WHAT THE EXERCISE ASKS: Write how many lines in the records below include the string "owns". No other text should be given.

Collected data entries
----------
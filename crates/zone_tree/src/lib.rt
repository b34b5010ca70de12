//! The existing names of a zone as a tree, with what each of them owns.
//!
//! The layer above may rest on this: a tree has one node for each name that exists in its zone, empty non-terminals
//! among them, and what a node tells of its name is what the definitions say of it in the zone. So is what decides at a
//! name, and at a name with an open tail, and so are the answers of a zone cut and of the records of a name. No condition
//! is put on the zone.
//!
//! Costs: a tree sorts the runs of its zone, which are records of one owner that stand one behind the other, by their
//! owners once, and then passes over them once. It keeps each name, and of a single record of a type a reference; only data
//! of several records of one name and type are copied. What a name owns takes 16 octets where that is nothing, or one datum
//! of a type other than NS, beside data of none of the twelve types. Else it takes 48 octets more, and 32 for each type,
//! beside its several data and eight octets for each name server; all stand in a few lists of the whole tree. The name
//! servers of a name, and its several targets of one type, are put in their places one by one where it owns up to 16
//! records; no texts are made of targets whose last labels tell their order. Other data of several records are put in order
//! by texts that are made of each once. For each name it keeps two numbers of eight octets more: the place of the first
//! name from the origin down to it that decides at those below it, and a key, the first eight octets of its label right
//! below the origin. A name is found among the existing ones in as many steps as the logarithm of their number: each
//! compares two keys, and names only where the keys are one, as they are of names below one label. Owners are compared so
//! too when the runs are sorted. A name is found in a few comparisons of names where it stands right behind a node's; one
//! tells that no name stands below a node's, and mostly whether the asterisk label does. What decides at a name takes one
//! search, however many labels the name has. A closest encloser or a source of synthesis takes one, or a second one where
//! the name before in order isn't the encloser itself. A tree once more takes no memory of its own, and no time.
#![tactic(auto)]

mod answers;
mod decider;
mod enclosers;
mod first_deciders;
mod names;
mod node;
mod order;
mod owned_data;
mod owned_lists;
mod owners;
mod preceding;
mod records;
mod runs;
mod texts;
mod tree;

pub use answers::{at_name, referral};
pub use decider::{Decider, deciding, open_deciding};
pub use enclosers::{encloser, source};
pub use node::NodeId;
pub use tree::Tree;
----------
EXERCISE OUTPUT: 3